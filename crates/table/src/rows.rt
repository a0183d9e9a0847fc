// The table of slots.
ghost use Rattle.table.specs.Entries.{AllRecords, AllRecords-prop};

use crate::slot::Slot;
use enclosure::record::SlotRecord;
use orders::order::Operation;

// A slot and its insertion count.
#[derive(Clone, Copy)]
struct Entry {
    slot: Slot,
    count: u16,
}

impl Entry {
    // A slot without a drive.
    const VACANT: Entry = Entry {
        slot: Slot::EMPTY,
        count: 0,
    };
}

// An entry for each of up to 14 slots, in memory of a fixed size: firmware has no heap. Every row is a record.
// What a call writes is said for each slot `j`, by an `if` at `k` that is spelled out: as a definition it would hide which slot changes and that all others stay.
#[derive(Clone, Copy)]
pub struct Table {
    entries: [Entry; 14],
    ghost records: { AllRecords entries } by { AllRecords-prop entries },
}

impl Table {
    ghost use Rattle.std.specs.Prelude.{◌≡◌, ℕ, ◌+◌, ◌<◌, min, false, not, ◌&&◌, if◌then◌else◌, nat_eq};
    ghost use Rattle.enclosure.specs.Records.{row_of};
    ghost use Rattle.enclosure.specs.Slots.{inserted};
    ghost use Rattle.history.specs.Kept.{Fine};
    ghost use Rattle.history.specs.Orders.{operated};
    ghost use Rattle.history.specs.Steps.{first_slot, sampled_slot};
    ghost use Rattle.orders.specs.Decoded.{operation_as};
    ghost use Rattle.table.specs.Entries.{entry_at};
    ghost use Rattle.table.specs.Rows.{slot_as};
    ghost use Rattle.table.specs.Table.{counted, counts_of, slots_of};

    // A table of empty slots.
    #[tactic(auto, unfolding(crate::specs::Entries::AllRecords, crate::specs::Table::slots_of, crate::specs::Table::counts_of))]
    pub fn blank() -> Table
        ensures slots { (k : ℕ) → k < 14 → slots_of result k ≡ first_slot false }
        ensures counts { (k : ℕ) → k < 14 → counts_of result k ≡ 0 }
    {
        Table {
            entries: [Entry::VACANT; 14],
        }
    }

    // The entry of slot `k`; past the table one without a drive.
    fn entry(&self, k: usize) -> Entry
        ensures { result ≡ entry_at self.now.entries k }
    {
        self.entries.get(k).copied().unwrap_or(Entry::VACANT)
    }

    // Slot `k`; past the table an empty one.
    #[tactic(auto, unfolding(crate::specs::Table::slots_of))]
    pub fn slot(&self, k: usize) -> Slot
        ensures { slot_as result ≡ slots_of self.now k }
    {
        self.entry(k).slot
    }

    // The record of slot `k`; past the table the one without flags.
    pub fn record(&self, k: usize) -> SlotRecord
        ensures { row_of result ≡ (slots_of self.now k).row }
    {
        // This never fails, since the ghost field says that each row is a record.
        SlotRecord::try_from(self.slot(k).row).unwrap()
    }

    // The insertion count of slot `k`; past the table 0.
    #[tactic(auto, unfolding(crate::specs::Table::counts_of))]
    pub fn count(&self, k: usize) -> u16
        ensures { result ≡ counts_of self.now k }
    {
        self.entry(k).count
    }

    // Writes one slot, whose row is a record; its neighbours stay.
    pub(crate) fn put(&mut self, k: usize, slot: Slot)
        requires { Fine slot.row }
        ensures slots { (j : ℕ) → j < 14 → slots_of self.new j ≡ (if nat_eq j k then slot_as slot else slots_of self.old j) }
        ensures counts { counts_of self.new ≡ counts_of self.old }
    {
        // By index, since a proof knows only the length of what is written through `get_mut`.
        if k < 14 {
            self.entries[k].slot = slot;
        }
    }

    // Writes one count.
    fn put_count(&mut self, k: usize, count: u16)
        ensures counts { (j : ℕ) → j < 14 → counts_of self.new j ≡ (if nat_eq j k then count else counts_of self.old j) }
        ensures slots { slots_of self.new ≡ slots_of self.old }
    {
        // By index, as `put`.
        if k < 14 {
            self.entries[k].count = count;
        }
    }

    // Slot `k` at power-on, with a drive or without, and its count.
    pub fn start(&mut self, k: usize, present: bool, count: u16)
        ensures slots { (j : ℕ) → j < 14 → slots_of self.new j ≡ (if nat_eq j k then first_slot present else slots_of self.old j) }
        ensures counts { (j : ℕ) → j < 14 → counts_of self.new j ≡ (if nat_eq j k then count else counts_of self.old j) }
    {
        self.put(k, Slot::first(present));
        self.put_count(k, count);
    }

    // Slot `k` after an accepted frame that shows a drive in it or none.
    pub fn see(&mut self, k: usize, present: bool)
        ensures slots { (j : ℕ) → j < 14 → slots_of self.new j ≡ (if nat_eq j k then sampled_slot (inserted (slots_of self.old j).state) present (slots_of self.old j) else slots_of self.old j) }
        ensures counts { (j : ℕ) → j < 14 → counts_of self.new j ≡ (if nat_eq j k then counted (inserted (slots_of self.old j).state) present (counts_of self.old j) else counts_of self.old j) }
    {
        let slot = self.slot(k);
        let count = self.count(k);
        self.put(k, slot.sampled(present));
        if present && !slot.is_inserted() {
            self.put_count(k, count.saturating_add(1));
        }
    }

    // Slot `k` after an operation. Its body is that of `replace` with another step: a function of both, with a closure, would add four clauses and save none of theirs.
    pub fn operate(&mut self, k: usize, operation: Operation)
        ensures slots { (j : ℕ) → j < 14 → slots_of self.new j ≡ (if nat_eq j k then operated (operation_as operation) (slots_of self.old j) else slots_of self.old j) }
        ensures counts { counts_of self.new ≡ counts_of self.old }
    {
        self.put(k, self.slot(k).operated(operation));
    }
}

-- Goal of the exercise --
Wherever "false" turns up in the records, copy the whole line.

-- Solution for this task --
    ghost use Rattle.std.specs.Prelude.{◌≡◌, ℕ, ◌+◌, ◌<◌, min, false, not, ◌&&◌, if◌then◌else◌, nat_eq};
        ensures slots { (k : ℕ) → k < 14 → slots_of result k ≡ first_slot false }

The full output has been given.